Le Moan manages to kill Carlin, and tries to kill Rantan; as he defends himself, she is rescued by crewman Kanoa, who is secretly in love with her. They tie up Rantan and deliver him into the hands of the Karolin people, who indeed welcome the Kanaka from the Kermadec in peace and friendship. Dick gives Rantan to the mothers of the babies who died, to do with as they see fit. Only now does Le Moan discover that Dick and Katafa are married.

A few days later, the tide goes out at half flood and returns with a vengeance, like a tsunami. Three great waves sweep the island, destroying everything, while the people take to the trees. In the next hours, huge flocks of birds are seen in the skies, coming from the direction of Palm Tree. When Aioma, Dick, and Le Moan decide to take the Kermadec out on the ocean so that the men can learn to steer it properly, they make for Palm Tree, only to discover that it has completely sunk beneath the ocean. The island of the Blue Lagoon is no more.

Aioma believes this is a sign, not from the gods, but from Uta Matu, the late king of Karolin, whose warriors Dick is responsible for having killed (though they mostly killed each other). Le Moan, hearing this, decides to try to keep Dick for herself by steering away from Karolin and pretending she has lost her gift of direction (implying it is the curse of Uta Matu). Dick, devastated by the loss of his former home, is so desperate to get back to Karolin and Katafa that he takes ill. Le Moan cannot stand his suffering, gives up, declares that her direction sense has come back, and steers the Kermadec for home.

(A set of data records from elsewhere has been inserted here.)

//! The faults for which a project is refused.

ghost use Rattle.std.specs.Prelude.{◌≡◌, ◌^◌, ◌<◌, length, map, option_map, IfOk};
ghost use Rattle.decl_groups.specs.Groups.{Ascends};
ghost use Rattle.import_graph.specs.ModuleWalkView.{import_view, module_view};
ghost use Rattle.import_graph.specs.Faults as plain;
ghost use Rattle.import_graph.specs.Faults.{detail_of};
ghost use Rattle.import_graph.specs.ModuleGraphView.{modules_of, AreNamed};

use crate::numbers::number_used;
use crate::{Import, Module};
use elm_base::fault::{Code, Fault};
use elm_base::position::{Pos, Region};
use elm_base::text::Text;
use indexmap::IndexMap;
use project_file::paths::{is_absolute, normal};
use std::alloc::{AllocError, Global};

/// The region that is a place alone.
fn region_at(place: Pos) -> Region
    ensures { result ≡ plain.region_at place }
{
    Region {
        start: place,
        end: place,
    }
}

/// The fault of an entry, at the start of its path.
pub(crate) fn entry_fault(alloc: Global, code: Code, entry: &str) -> Result<Fault, AllocError>
    ensures { IfOk result (λ fault. fault ≡ plain.entry_fault code entry.now) }
{
    let path = if is_absolute(entry) {
        Text::copy(alloc, entry.as_bytes())?
    } else {
        Text::from_vec(normal(alloc, entry)?.into_bytes())
    };
    Ok(Fault {
        code,
        path,
        region: region_at(Pos { row: 1, column: 1 }),
        detail: Text::empty(alloc),
    })
}

/// The fault of modules that import each other in a ring. It stands in the first of them, at its first import of one of
/// them.
pub(crate) fn ring_fault(
    alloc: Global,
    modules: &IndexMap<Text, Module>,
    ring: &[u32],
) -> Result<Fault, AllocError>
    requires named { AreNamed modules.now }
    requires few { length (modules_of modules.now) < 2 ^ 32 }
    requires ascends { Ascends ring.now }
    ensures { IfOk result (λ fault. fault ≡ plain.ring_fault (modules_of modules.now) ring.now) }
{
    let detail = ring_names(alloc, modules, ring)?;
    match first_of(modules, ring) {
        Some(first) => Ok(Fault {
            code: Code::ImportCycle,
            path: Text::copy(alloc, first.path.as_bytes())?,
            region: region_at(place_in_ring(modules, &first.imports, ring)),
            detail,
        }),
        None => Ok(Fault {
            code: Code::ImportCycle,
            path: Text::empty(alloc),
            region: region_at(Pos { row: 1, column: 1 }),
            detail,
        }),
    }
}

/// The first module of the ring.
fn first_of<'a>(modules: &'a IndexMap<Text, Module>, ring: &[u32]) -> Option<&'a Module>
    ensures { option_map (λ m. module_view m.now) result ≡ plain.first_of (modules_of modules.now) ring.now }
{
    match ring {
        [first, ..] => modules.get_index(*first as usize).map(|(_, module)| module),
        [] => None,
    }
}

/// Where the first import of a module of the ring stands.
fn place_in_ring(modules: &IndexMap<Text, Module>, imports: &[Import], ring: &[u32]) -> Pos
    requires named { AreNamed modules.now }
    requires few { length (modules_of modules.now) < 2 ^ 32 }
    requires ascends { Ascends ring.now }
    ensures { result ≡ plain.place_in_ring (modules_of modules.now) ring.now (map import_view imports.now) }
{
    for import in imports {
        if is_in_ring(modules, import, ring) {
            return import.place;
        }
    }
    Pos { row: 1, column: 1 }
}

/// Whether the import is of a module of the ring.
fn is_in_ring(modules: &IndexMap<Text, Module>, import: &Import, ring: &[u32]) -> bool
    requires named { AreNamed modules.now }
    requires few { length (modules_of modules.now) < 2 ^ 32 }
    requires ascends { Ascends ring.now }
    ensures { result ≡ plain.in_ring (modules_of modules.now) ring.now (import_view import.now) }
{
    match number_used(modules, import) {
        Some(number) => ring.binary_search(&number).is_ok(),
        None => false,
    }
}

/// The names of the modules of the ring, with a comma and a blank between two.
fn ring_names(
    alloc: Global,
    modules: &IndexMap<Text, Module>,
    ring: &[u32],
) -> Result<Text, AllocError>
    ensures { IfOk result (λ detail. detail ≡ detail_of (modules_of modules.now) ring.now) }
{
    let mut detail = Vec::new(alloc);
    let [first, others @ ..] = ring else {
        return Ok(Text::from_vec(detail));
    };
    detail.extend_from_slice(name_at(modules, *first))?;
    for number in others {
        detail.extend_from_slice(b", ")?;
        detail.extend_from_slice(name_at(modules, *number))?;
    }
    Ok(Text::from_vec(detail))
}

/// The name of the module of a number.
fn name_at(modules: &IndexMap<Text, Module>, number: u32) -> &[u8]
    ensures { result.now ≡ plain.name_at (modules_of modules.now) number }
{
    match modules.get_index(number as usize) {
        Some((_, module)) => module.name.as_bytes(),
        None => b"",
    }
}
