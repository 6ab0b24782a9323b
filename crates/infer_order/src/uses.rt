//! The definitions that an expression uses, in one walk over it.

ghost use Rattle.std.specs.Prelude.{◌≡◌, ◌++◌, map, flat_map, OnOk};
ghost use Rattle.elm_canon.specs.Tree.{exprs_of, branches_of, groups_of, functions_of};
ghost use Rattle.elm_canon.specs.View.{expr_view, link_view, branch_view, group_view, function_view};
ghost use Rattle.type_items.specs.Uses as uses;
ghost use Rattle.infer_order.specs.Owners.{all_numbers};
ghost use Rattle.infer_order.specs.Links.{before, before_all, after};

use crate::owners::Owners;
use elm_canon::tree::{Branch, Expr, Function, Group, Link};
use std::alloc::AllocError;

/// Adds the numbers of the definitions of `owners` that an expression uses to `found`.
#[cycle(walk)]
pub(crate) fn push_expr(
    owners: &Owners,
    expr: &Expr,
    found: &mut Vec<u32>,
) -> Result<(), AllocError>
    ensures { OnOk result (found.new.items
        ≡ found.old.items ++ all_numbers owners.now (uses.used (expr_view expr.now))) }
{
    match expr {
        Expr::Literal(_) => Ok(()),
        Expr::Name(name) => owners.push(name, found),
        Expr::Accessor(_) => Ok(()),
        Expr::Lambda(_, body) => push_expr(owners, body, found),
        Expr::Apply(function, arguments) => {
            push_expr(owners, function, found)?;
            push_all(owners, arguments, found)
        }
        Expr::Strict(_, parts) => push_all(owners, parts, found),
        Expr::Access(inner, _) => push_expr(owners, inner, found),
        Expr::If(condition, yes, no) => {
            push_expr(owners, condition, found)?;
            push_expr(owners, yes, found)?;
            push_expr(owners, no, found)
        }
        Expr::Chain(first, links) => {
            push_before(owners, links, found)?;
            push_expr(owners, first, found)?;
            push_after(owners, links, found)
        }
        Expr::Let(groups, body) => {
            push_groups(owners, groups, found)?;
            push_expr(owners, body, found)
        }
        Expr::Case(subject, branches) => {
            push_expr(owners, subject, found)?;
            push_branches(owners, branches, found)
        }
        Expr::Located(_, inner) => push_expr(owners, inner, found),
    }
}

/// Adds the numbers of the definitions that expressions use.
#[cycle(walk)]
fn push_all(owners: &Owners, exprs: &[Expr], found: &mut Vec<u32>) -> Result<(), AllocError>
    ensures { OnOk result (found.new.items
        ≡ found.old.items ++ all_numbers owners.now (uses.used_each (exprs_of (map expr_view exprs.now)))) }
{
    for expr in exprs {
        push_expr(owners, expr, found)?;
    }
    Ok(())
}

/// Adds those that are used before an expression with which these things are done: those of the last come first.
#[cycle(walk)]
fn push_before(owners: &Owners, links: &[Link], found: &mut Vec<u32>) -> Result<(), AllocError>
    ensures { OnOk result (found.new.items
        ≡ found.old.items ++ all_numbers owners.now (before_all (map link_view links.now))) }
{
    for link in links.iter().rev() {
        push_one_before(owners, link, found)?;
    }
    Ok(())
}

/// Those of one thing.
#[cycle(walk)]
fn push_one_before(owners: &Owners, link: &Link, found: &mut Vec<u32>) -> Result<(), AllocError>
    ensures { OnOk result (found.new.items
        ≡ found.old.items ++ all_numbers owners.now (before (link_view link.now))) }
{
    match link {
        Link::Given(function, arguments) => {
            push_expr(owners, function, found)?;
            push_all(owners, arguments, found)
        }
        Link::Composed(function, _) => push_expr(owners, function, found),
        Link::After(_, parts) => push_all(owners, parts, found),
        Link::Before(_, _) => Ok(()),
        Link::Decided(_, _, left) => push_expr(owners, left, found),
    }
}

/// Adds those that are used after an expression with which these things are done.
#[cycle(walk)]
fn push_after(owners: &Owners, links: &[Link], found: &mut Vec<u32>) -> Result<(), AllocError>
    ensures { OnOk result (found.new.items
        ≡ found.old.items ++ all_numbers owners.now (flat_map after (map link_view links.now))) }
{
    for link in links {
        push_one_after(owners, link, found)?;
    }
    Ok(())
}

/// Those of one thing.
#[cycle(walk)]
fn push_one_after(owners: &Owners, link: &Link, found: &mut Vec<u32>) -> Result<(), AllocError>
    ensures { OnOk result (found.new.items
        ≡ found.old.items ++ all_numbers owners.now (after (link_view link.now))) }
{
    match link {
        Link::Given(_, _) => Ok(()),
        Link::Composed(_, right) => push_expr(owners, right, found),
        Link::After(_, _) => Ok(()),
        Link::Before(_, right) => push_expr(owners, right, found),
        Link::Decided(_, _, _) => Ok(()),
    }
}

/// Adds those that the bodies of branches use.
#[cycle(walk)]
fn push_branches(
    owners: &Owners,
    branches: &[Branch],
    found: &mut Vec<u32>,
) -> Result<(), AllocError>
    ensures { OnOk result (found.new.items
        ≡ found.old.items ++ all_numbers owners.now (uses.used_branches (branches_of (map branch_view branches.now)))) }
{
    for branch in branches {
        push_expr(owners, &branch.body, found)?;
    }
    Ok(())
}

/// Adds those that groups of definitions use.
#[cycle(walk)]
fn push_groups(owners: &Owners, groups: &[Group], found: &mut Vec<u32>) -> Result<(), AllocError>
    ensures { OnOk result (found.new.items
        ≡ found.old.items ++ all_numbers owners.now (uses.used_groups (groups_of (map group_view groups.now)))) }
{
    for group in groups {
        push_group(owners, group, found)?;
    }
    Ok(())
}

/// Adds those that a group of definitions uses.
#[cycle(walk)]
fn push_group(owners: &Owners, group: &Group, found: &mut Vec<u32>) -> Result<(), AllocError>
    ensures { OnOk result (found.new.items
        ≡ found.old.items ++ all_numbers owners.now (uses.used_group (group_view group.now))) }
{
    match group {
        Group::Together(functions) => push_functions(owners, functions, found),
        Group::Constant(_, body) => push_expr(owners, body, found),
        Group::Destructure(_, body) => push_expr(owners, body, found),
    }
}

/// Adds those that functions use.
#[cycle(walk)]
fn push_functions(
    owners: &Owners,
    functions: &[Function],
    found: &mut Vec<u32>,
) -> Result<(), AllocError>
    ensures { OnOk result (found.new.items ≡ found.old.items
        ++ all_numbers owners.now (uses.used_functions (functions_of (map function_view functions.now)))) }
{
    for function in functions {
        push_expr(owners, &function.body, found)?;
    }
    Ok(())
}
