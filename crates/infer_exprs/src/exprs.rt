//! Type inference of expressions, at the place of the state. All goes as deep as the expression nests; a list and a
//! chain of operators are loops.
//!
//! `position` is everywhere where the expression begins, unless it says so itself, and `wanted` the variable of the
//! type that is wanted. The errors: an item is bad, at which the items of the expression stop; memory or numbers ran
//! out.

ghost use Rattle.std.specs.Prelude.{◌≡◌, ◌≤◌, ◌<◌, ◌+◌, ◌∷◌, ◌++◌, [], ℕ, suc, List, Err, IfOk, OnOk, length, map};
ghost use Rattle.std.specs.Prelude.{Some, slice_get};
ghost use Rattle.std.specs.List.{AllByRecursion};
ghost use Rattle.elm_canon.specs.Tree as tree;
ghost use Rattle.elm_canon.specs.Tree.{Apply, Strict, exprs_of, patterns_of, branches_of, groups_of};
ghost use Rattle.elm_canon.specs.View.{expr_view, pattern_view, op_view, link_view, branch_view, group_view, linked};
ghost use Rattle.elm_canon.specs.View.{done, accessed, annotation_view, Composed, After, Before, Decided};
ghost use Rattle.elm_canon.specs.declared.tree.Connective.{Connective};
ghost use Rattle.type_items.specs.Items.{Wanted, child};
ghost use Rattle.type_items.specs.Definitions.{Definition as PlainDefinition, type_groups, list_definitions};
ghost use Rattle.type_items.specs.Expressions.{definitions, group_definitions};
ghost use Rattle.type_walks.specs.Links.{Live};
ghost use Rattle.type_walks.specs.Regions.{below};
ghost use Rattle.infer_steps.specs.Leaving.{without};
ghost use Rattle.infer_steps.specs.Promises.{Walked, Stopped};
ghost use Rattle.infer_steps.specs.Ready.{Follows};
ghost use Rattle.infer_steps.specs.View.{here, bad_view, code_of};
ghost use Rattle.infer_steps.specs.declared.bad.Bad.{Bad};
ghost use Rattle.infer_steps.specs.declared.bad.InferError.TheVariants as error;
ghost use Rattle.infer_types.specs.Once.{FieldsOnce as AnnotationFieldsOnce};
ghost use Rattle.infer_order.specs.Order.{ordered, AreDefinitions, IsOrder, IsSimple};
ghost use Rattle.infer_order.specs.Spots.{in_group};
ghost use Rattle.infer_patterns.specs.Once.{FieldsOnce, EachFieldsOnce};
ghost use Rattle.infer_groups.specs.Defined.{Defined, DefinitionsStop, at_child};
ghost use Rattle.infer_groups.specs.Members.{GroupDone};
ghost use Rattle.infer_groups.specs.Names.{named_views};
ghost use Rattle.infer_parts.specs.Formed.{Formed, AllFormed, FormedBranches, FormedGroups, FormedGroup, FormedOp};
ghost use Rattle.infer_parts.specs.Linked.{FormedLink, FormedLinks};
ghost use Rattle.infer_parts.specs.Steps.{CanWalk, one, two, Went, Stuck};
ghost use Rattle.infer_parts.specs.Parts.{listed, part_of, part_place, operand_of, operand_place, known_count};
ghost use Rattle.infer_parts.specs.Parts.{OpOpens, CallOpens, function_of, branch_at, BranchesWent, BranchesStuck};
ghost use Rattle.infer_parts.specs.Parts.{ArgumentsWent, ArgumentsStuck};
ghost use Rattle.infer_parts.specs.Chains.{OpensOne, Closable, Closes, ClosesStuck, Waits, Inside, Unwinds};
ghost use Rattle.infer_parts.specs.Chains.{UnwindsStuck};
ghost use Rattle.infer_exprs.specs.Finished.{GroupWalked, GroupStops, InferredStops, AnnotatedDefined, AnnotatedStops};
ghost use Rattle.infer_exprs.specs.First.{HasDefinition, StartsAt};
ghost use Rattle.infer_exprs.specs.Members.{AreTitled};
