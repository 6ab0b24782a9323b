//! The names that were met, and which modules have them.

ghost use Rattle.std.specs.Prelude.{◌≡◌, ℕ, List, None, Some, OnOk, if◌then◌else◌};
ghost use Rattle.std.specs.Str.{bytes_eq};
ghost use Rattle.import_graph.specs.Walk.{known_at};

use crate::found::Found;
use elm_base::text::Text;
use indexmap::IndexMap;
use std::alloc::{AllocError, Global};

/// The names that were met, and which modules have them.
#[derive(Drop)]
pub(crate) struct Known {
    by_name: IndexMap<Text, Found>,
}

impl Known {
    pub(crate) fn new(alloc: Global) -> Known
        ensures { (x : List ℕ) → known_at result x ≡ None }
    {
        Known {
            by_name: IndexMap::new(alloc),
        }
    }

    /// Which modules have the name, if it was met.
    pub(crate) fn find(&self, name: &Text) -> Option<Found>
        ensures { result ≡ known_at self.now name.now }
    {
        self.by_name.get(name).copied()
    }

    /// Notes which modules have the name.
    pub(crate) fn note(&mut self, name: &Text, found: Found) -> Result<(), AllocError>
        ensures { OnOk result ((x : List ℕ) → known_at self.new x
            ≡ (if bytes_eq name.now x then Some found else known_at self.old x)) }
    {
        self.by_name.insert(name.clone()?, found)?;
        Ok(())
    }
}
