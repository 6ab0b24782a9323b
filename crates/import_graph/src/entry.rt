//! The module of an entry.

ghost use Rattle.std.specs.Prelude.{◌≡◌, [], IfOk, IfErr, OnOk, IfSome, IfNone};
ghost use Rattle.elm_files.specs.Answers.{NoneFull};
ghost use Rattle.import_graph.specs.Places.{HasCause};
ghost use Rattle.import_graph.specs.Modules.{Source};
ghost use Rattle.import_graph.specs.Entry.{IsEntry, IsEntryName, HasNoEntry};
ghost use Rattle.import_graph.specs.Plain.{IsPlain};
ghost use Rattle.import_graph.specs.ModuleWalkView.{setting, source_view, module_view};
ghost use Rattle.project_file.specs.View.{directories_of};

use crate::entries::entry_name;
use crate::places::{ReadError, Source as Found, read};
use crate::walk::Module;
use elm_base::name::ModName;
use elm_base::text::Text;
use elm_files::Files;
use indexmap::IndexSet;
use project_file::paths::{is_absolute, normal};
use project_file::project::Project;
use std::alloc::{AllocError, Global};

/// The module of the entry that is written as the path `written`, with no imports yet, if there is one.
pub(crate) fn entry_module<F: Files>(
    alloc: Global,
    files: &mut F,
    project: &Project,
    core: &IndexSet<Text>,
    written: &str,
) -> Result<Option<Module>, ReadError>
    requires { NoneFull (F.faults files.old) }
    ensures found { IfOk result (λ answer. IfSome answer (λ m. IfSome (F.tree files.old) (λ tree.
        IsEntry (setting tree project.now core.now.keys) written.now (source_view m)))) }
    ensures only { IfOk result (λ answer. IfSome answer (λ m. IfSome (F.tree files.old) (λ tree. (other : Source)
        → IsEntry (setting tree project.now core.now.keys) written.now other → other ≡ source_view m))) }
    ensures plain { IfOk result (λ answer. IfSome answer (λ m. IsPlain core.now.keys (module_view m))) }
    ensures named { IfOk result (λ answer. IfSome answer (λ m.
        IsEntryName (directories_of project.now) written.now m.name)) }
    ensures none { IfOk result (λ answer. IfNone answer (IfSome (F.tree files.old) (λ tree.
        HasNoEntry (setting tree project.now core.now.keys) written.now))) }
    ensures tree { F.tree files.new ≡ F.tree files.old }
    ensures no_fault { OnOk result (F.faults files.new ≡ F.faults files.old) }
    ensures error { IfErr result (λ e. HasCause e (F.faults files.old) (F.faults files.new)) }
{
    if is_absolute(written) {
        return Ok(None);
    }
    let path = normal(alloc, written)?;
    let Some(name) = entry_name(alloc, &project.directories, &path)? else {
        return Ok(None);
    };
    let name = name.as_text().clone()?;
    if core.contains(&name) {
        return Ok(None);
    }
    match read(files, path)? {
        Some(source) => Ok(Some(Module {
            name,
            path: source.path,
            text: source.text,
            imports: Vec::new(alloc),
        })),
        None => Ok(None),
    }
}
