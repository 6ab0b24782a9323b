//! The commands of the compiler: what they print, and with which status they end.
#![tactic(auto)]

mod make;
mod program;
mod report;
mod run;

pub use program::top;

On the way, they encounter an abandoned ship. Aioma, unwisely, takes out his frustration with the papalagi (foreigners) and their ships by boarding this one – full of dead bodies – and setting fire to it. He proceeds to do the same to the Kermadec when they get back to Karolin. What he does not know is that his contact with the abandoned ship has infected him with measles. By the evening of the next day, everybody on Karolin has caught it, and having no resistance, nearly everyone dies. Katafa is frantic with grief, because Dick has caught it, too, and is lying delirious, speaking only in English.

Le Moan blames herself; if she had never asked the Kermadec for a lift, none of this would have happened. She believes the curse of Uta Matu, and her own grandmother Le Juan, have brought shame, disgrace, sickness, and death to her people. She calls out to Katafa, "Taori will not die: I go to save him; the nets are spread for him, but I will break them -- I, who have brought this evil". The instant she speaks these words, Dick's fever cools down and he begins to improve. As Katafa goes to care for him, Le Moan gets in her fishing boat. Sailing it clear out to sea, she takes the sail down, lies down at the bottom, and gives herself to the gods. Stacpoole ends the story by saying that to this day, Karolin remains unexplored and uncharted, because try as they might, no one can ever quite get there.